Generating a GPU Code Metrics Report for Code Generated from MATLAB Code

The GPU static code metrics report contains the results of static analysis of the generated CUDA^® code, including information on the generated CUDA kernels, thread and block dimensions, memory usage and other statistics. To produce a static code metrics report, you must use GPU Coder™ to generate standalone CUDA code and produce a code generation report. See Code Generation Reports.

By default, static code metrics analysis does not run at code generation time. Instead, if and when you want to run the analysis and view the results, click GPU Code Metrics on the Summary tab of the code generation report.

Example GPU Code Metrics Report

This example runs GPU static code metrics analysis and examines a static code metrics report.

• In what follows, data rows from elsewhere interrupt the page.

//! The reader: it takes the bytes of a text and reports its events (RFC 8259).
ghost use Rattle.std.specs.Prelude.{◌≡◌, ℕ, ◌+◌, ◌^◌, ◌≤◌, ◌++◌, ◌∷◌, [], List, length, take, IfOk, IsTrue, MatchResult, Some, None, Ok, Err};
ghost use Rattle.gj_json.specs.Internal.Transitions.{IsMode};
ghost use Rattle.gj_json.specs.Internal.OpenLevels.{levels_in};

use crate::content::Content;
use crate::cut_position::CutPosition;
use crate::event::Event;
use crate::fault::{Cause, JsonFault};
use crate::levels::Levels;
use crate::limits::{Limits, MOST_LEVELS};
use crate::mode::{Mode, Move};
use crate::move_events::last_event;
use crate::name_lengths::NameLengths;
use crate::positions::MOST_POSITIONS;
use crate::sink::{EventPair, EventSink};
use arrayvec::ArrayVec;
use gj_number::Literal;

/// Reads a text, a byte or a piece of any size at a time.
///
/// It keeps where it stands in the grammar and one bit for each level that is open, whatever the length of the text.
#[derive(Clone, Copy)]
pub struct Reader {
    limits: Limits,
    offset: u64,
    /// The place of the literal name, number, string or name that is under way.
    start: u64,
    levels: Levels,
    /// The number that is under way.
    literal: Literal,
    /// The string or the name that is under way.
    content: Content,
    mode: Mode,
    fault: Option<JsonFault>,
    /// How long the names of members are whose events do not matter to the sink.
    names: NameLengths,
    /// Room for positions that are read at once. What is in it between two calls says nothing.
    positions: [CutPosition; MOST_POSITIONS],
    /// How many arrays after the first of an array are taken by themselves: one where no positions were found last. Nothing rests
    /// on it.
    alone: u8,
    ghost sound: { IsMode mode },
    ghost within: { offset ≤ limits.bytes },
    ghost small: { limits.bytes ≤ 2 ^ 60 },
    ghost nested: { length (levels_in levels) ≤ limits.depth },
}

impl Reader {
    ghost use Rattle.gj_json.specs.declared.event.Event.{Event};
    ghost use Rattle.gj_json.specs.declared.fault.JsonFault.{JsonFault};
    ghost use Rattle.gj_json.specs.Tree.{Text};
    ghost use Rattle.gj_json.specs.Text.{IsText};
    ghost use Rattle.gj_json.specs.Events.{events_by};
    ghost use Rattle.gj_json.specs.Open.{open_at};
    ghost use Rattle.gj_json.specs.Refusal.{IsRefusal};
    ghost use Rattle.gj_json.specs.Reader.{StandsFor, limits_of, refusal_of, offset_of, levels_of, Answers, Completed, HearsBy, FinishAnswers};
    ghost use Rattle.gj_json.specs.Internal.FedReader.{HearsTwo};

    /// A reader of a text under these limits, before its first byte.
    pub fn new(limits: Limits) -> Self
        ensures stands { StandsFor result [] }
        ensures limits { limits_of result ≡ limits }
        ensures offset { offset_of result ≡ 0 }
        ensures open { refusal_of result ≡ None }
        ensures levels { levels_of result ≡ 0 }
        ensures events { (text : Text) (rest : List ℕ) → IsText text rest → events_by 0 text ≡ [] }
    {
        Reader {
            limits,
            offset: 0,
            start: 0,
            levels: Levels::new(),
            literal: Literal::new(),
            content: Content::new(),
            mode: Mode::TextDue,
            fault: None,
            names: NameLengths::none(),
            positions: [CutPosition::blank(); MOST_POSITIONS],
            alone: 0,
        }
    }

    /// Takes a piece of the text, of any size, and reports to the sink the events that are complete in it, in order.
    ///
    /// It is what `push` of each byte in turn leaves and reports, up to a byte that is refused. The bytes before that one
    /// are taken; from then on each call returns the same fault and changes nothing.
    pub fn feed<S: EventSink>(&mut self, piece: &[u8], sink: &mut S) -> Result<(), JsonFault>
        ensures stands { (bytes : List ℕ) → StandsFor self.old bytes → StandsFor self.new (bytes ++ piece.now) }
        ensures answer { (bytes : List ℕ) → StandsFor self.old bytes → Answers (limits_of self.old) (bytes ++ piece.now) result }
        ensures heard { (bytes : List ℕ) (events : List Event) → refusal_of self.old ≡ None → StandsFor self.old bytes → S.heard sink.old events
            → HearsBy (S.heard sink.new) events bytes piece.now result }
        ensures limits { limits_of self.new ≡ limits_of self.old }
        ensures on { offset_of self.old ≤ offset_of self.new }
        ensures refusal { MatchResult result (λ done. refusal_of self.new ≡ None) (λ fault. refusal_of self.new ≡ Some fault) }
        ensures again { (fault : JsonFault) → refusal_of self.old ≡ Some fault → (self.new ≡ self.old) × (sink.new ≡ sink.old) × (result ≡ Err fault) }
    {
        if let Some(fault) = self.fault {
            return Err(fault);
        }
        let room = self.limits.bytes() - self.offset;
        if piece.len() as u64 <= room {
            return self.take_piece(piece, sink);
        }
        match self.take_piece(&piece[..room as usize], sink) {
            Ok(()) => Err(self.refuse(Cause::Length)),
            Err(fault) => Err(fault),
        }
    }

    /// Takes the next byte, and returns the events that it completes, two at the most.
    ///
    /// A byte that is refused is not taken; from then on each call returns the same fault and changes nothing.
    pub fn push(&mut self, byte: u8) -> Result<ArrayVec<Event, 2>, JsonFault>
        ensures stands { (bytes : List ℕ) → StandsFor self.old bytes → StandsFor self.new (bytes ++ byte ∷ []) }
        ensures answer { (bytes : List ℕ) → StandsFor self.old bytes → Answers (limits_of self.old) (bytes ++ byte ∷ []) result }
        ensures events { (bytes : List ℕ) → StandsFor self.old bytes
            → IfOk result (λ found. Completed (length bytes) (length bytes + 1) (bytes ++ byte ∷ []) found.items) }
        ensures limits { limits_of self.new ≡ limits_of self.old }
        ensures refusal { MatchResult result (λ found. refusal_of self.new ≡ None) (λ fault. refusal_of self.new ≡ Some fault) }
        ensures again { (fault : JsonFault) → refusal_of self.old ≡ Some fault → (self.new ≡ self.old) × (result ≡ Err fault) }
    {
        let mut told = EventPair::new();
        match self.take_next(byte, &mut told) {
            Ok(_) => Ok(told.events),
            Err(fault) => Err(fault),
        }
    }

    /// Takes the next byte, as [`Reader::push`] does, and reports to the sink the events that it completes.
    fn take_next<S: EventSink>(&mut self, byte: u8, sink: &mut S) -> Result<Move, JsonFault>
        ensures stands { (bytes : List ℕ) → StandsFor self.old bytes → StandsFor self.new (bytes ++ byte ∷ []) }
        ensures answer { (bytes : List ℕ) → StandsFor self.old bytes → Answers (limits_of self.old) (bytes ++ byte ∷ []) result }
        ensures told { (bytes : List ℕ) (events : List Event) → StandsFor self.old bytes → S.heard sink.old events
            → IfOk result (λ done. HearsTwo (S.heard sink.new) events bytes byte) }
        ensures limits { limits_of self.new ≡ limits_of self.old }
        ensures on { offset_of self.old ≤ offset_of self.new }
        ensures refusal { MatchResult result (λ done. refusal_of self.new ≡ None) (λ fault. refusal_of self.new ≡ Some fault) }
        ensures again { (fault : JsonFault) → refusal_of self.old ≡ Some fault → (self.new ≡ self.old) × (result ≡ Err fault) }
    {
        if let Some(refused) = self.fault {
            return Err(refused);
        }
        if self.offset == self.limits.bytes() {
            return Err(self.refuse(Cause::Length));
        }
        self.take_byte(byte, sink)
    }

    /// Ends the text. Only now has a number at its end ended, which is the event that is returned.
    pub fn finish(self) -> Result<Option<Event>, JsonFault>
        ensures answer { (bytes : List ℕ) → StandsFor self bytes → FinishAnswers (limits_of self) bytes result }
        ensures again { (fault : JsonFault) → refusal_of self ≡ Some fault → result ≡ Err fault }
    {
        if let Some(earlier) = self.fault {
            return Err(earlier);
        }
        let may_end = self.literal.may_end();
        let value = self.literal.value();
        match last_event(self.mode, self.levels.inner(), may_end, value, self.start) {
            Some(found) => Ok(found),
            None => Err(self.fault_here(Cause::Truncated)),
        }
    }

    /// Whether [`Reader::finish`] would return `Ok(None)`: the text may end here, and no event waits for its end.
    #[inline]
    pub fn is_whole(&self) -> bool
        ensures live { IsTrue result → refusal_of self.now ≡ None }
        ensures answer { (bytes : List ℕ) → StandsFor self.now bytes → IsTrue result → FinishAnswers (limits_of self.now) bytes (Ok None) }
        ensures whole { (bytes : List ℕ) → StandsFor self.now bytes → FinishAnswers (limits_of self.now) bytes (Ok None) → IsTrue result }
    {
        match self.mode {
            Mode::ValueDone => self.fault.is_none() && self.levels.inner().is_none(),
            _ => false,
        }
    }

    /// The refusal, once there was one: that of every input that begins with the bytes that were given.
    pub fn refusal(&self) -> Option<JsonFault>
        ensures value { result ≡ refusal_of self.now }
        ensures lasting { (bytes more : List ℕ) (fault : JsonFault) → StandsFor self.now bytes → refusal_of self.now ≡ Some fault
            → IsRefusal (limits_of self.now) (bytes ++ more) fault }
    {
        self.fault
    }

    /// How many bytes were taken: the place of the refused one, once there was one.
    pub fn offset(&self) -> u64
        ensures value { result ≡ offset_of self.now }
        ensures taken { (bytes : List ℕ) → StandsFor self.now bytes → refusal_of self.now ≡ None → result ≡ length bytes }
        ensures refused { (bytes : List ℕ) (fault : JsonFault) → StandsFor self.now bytes → refusal_of self.now ≡ Some fault → result ≡ fault.place }
    {
        self.offset
    }

    /// How many arrays and objects are open after the bytes that were taken.
    pub fn levels(&self) -> u16
        ensures value { result ≡ levels_of self.now }
        ensures open { (bytes rest : List ℕ) (text : Text) → StandsFor self.now bytes → IsText text (take (offset_of self.now) bytes ++ rest)
            → result ≡ open_at (offset_of self.now) text }
        ensures small { result ≤ MOST_LEVELS }
    {
        self.levels.len()
    }
}

mod again;
mod bytes;
mod flats;
mod heads;
mod ignored;
mod members;
mod pieces;
mod place;
mod positions;
mod rows;
mod runs;
mod spaces;
mod tokens;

Create a MATLAB^® function called mandelbrot_count.m with the following lines of code. This code is a vectorized MATLAB implementation of the Mandelbrot set. For every point (xGrid,yGrid) in the grid, it calculates the iteration index count at which the trajectory defined by the equation reaches a distance of 2 from the origin. It then returns the natural logarithm of count, which is used generate the color coded plot of the Mandelbrot set.

function count = mandelbrot_count(maxIterations,xGrid,yGrid)
% Add kernelfun pragma to trigger kernel creation
coder.gpu.kernelfun;
% mandelbrot computation

z0 = complex(xGrid,yGrid);
count = ones(size(z0));

z = z0;
for n = 0:maxIterations
    z = z.*z + z0;
    inside = abs(z)<=2;
    count = count + inside;
end
count = log(count);

Create sample data with the following lines of code. The code generates a 1000 x 1000 grid of real parts (x) and imaginary parts (y) between the limits specified by xlim and ylim.

maxIterations = 500;
gridSize = 1000;
xlim = [-0.748766713922161,-0.748766707771757];
ylim = [0.123640844894862,0.123640851045266];

x = linspace(xlim(1),xlim(2),gridSize);
y = linspace(ylim(1),ylim(2),gridSize);
[xGrid,yGrid] = meshgrid(x,y);

Enable production of a code generation report by using a configuration object for standalone code generation (static library, dynamically linked library, or executable program).

cfg = coder.gpuConfig('dll');
cfg.GenerateReport = true;
cfg.MATLABSourceComments = true;
cfg.GpuConfig.CompilerFlags = '--fmad=false';

Note

The --fmad=false flag when passed to the nvcc, instructs the compiler to disable Floating-Point Multiply-Add (FMAD) optimization. This option is set to prevent numerical mismatch in the generated code because of architectural differences in the CPU and the GPU. For more information, see Numerical Differences Between CPU and GPU.

Alternatively, use the codegen -report option.

Generate code by using codegen. Specify the type of the input argument by providing an example input with the -args option. Specify the configuration object by using the -config option.

codegen -config cfg -args {maxIterations,xGrid,yGrid} mandelbrot_count

To open the code generation report, click View report.

To run the static code metrics analysis and view the code metrics report, on the Summary tab of the code generation report, click GPU Code Metrics.

Screen shot of the Summary tab of the code generation report showing the GPU Code Metrics link.

Explore the code metrics report

To see the information on the generated CUDA kernels, click CUDA Kernels.
- Kernel Name contains the list of generated CUDA kernels. By default, GPU Coder prepends the kernel name with the name of the entry-point function.
- Thread Dimensions is an array of the form [Tx,Ty,Tz] that identifies the number of threads in the block along dimensions x, y, and z.
- Block Dimensions is an array of the form [Bx,By,1] is an array that defines the number of blocks in the grid along dimensions x and y (z not used).
- Shared Memory Size and Constant Memory columns provide metrics on the shared and constant memory space usage in the generated code.
- Minimum BlocksPerSM is the minimum number of blocks per streaming multiprocessor and indicates the number of blocks with which to launch the kernels.
To navigate from the report to the generated kernel code, click a kernel name.
To see the variables that have memory allocated on the GPU device, go to the CUDA Malloc section.
To view information on the cudaMemCpy calls in the generated code, click CUDA Memcpy.

Limitations

If you have the Embedded Coder^® product, the code configuration object contains the GenerateCodeMetricsReport property to enable static metric report generation at compile time. GPU Coder does not honor this setting and has no effect during code generation.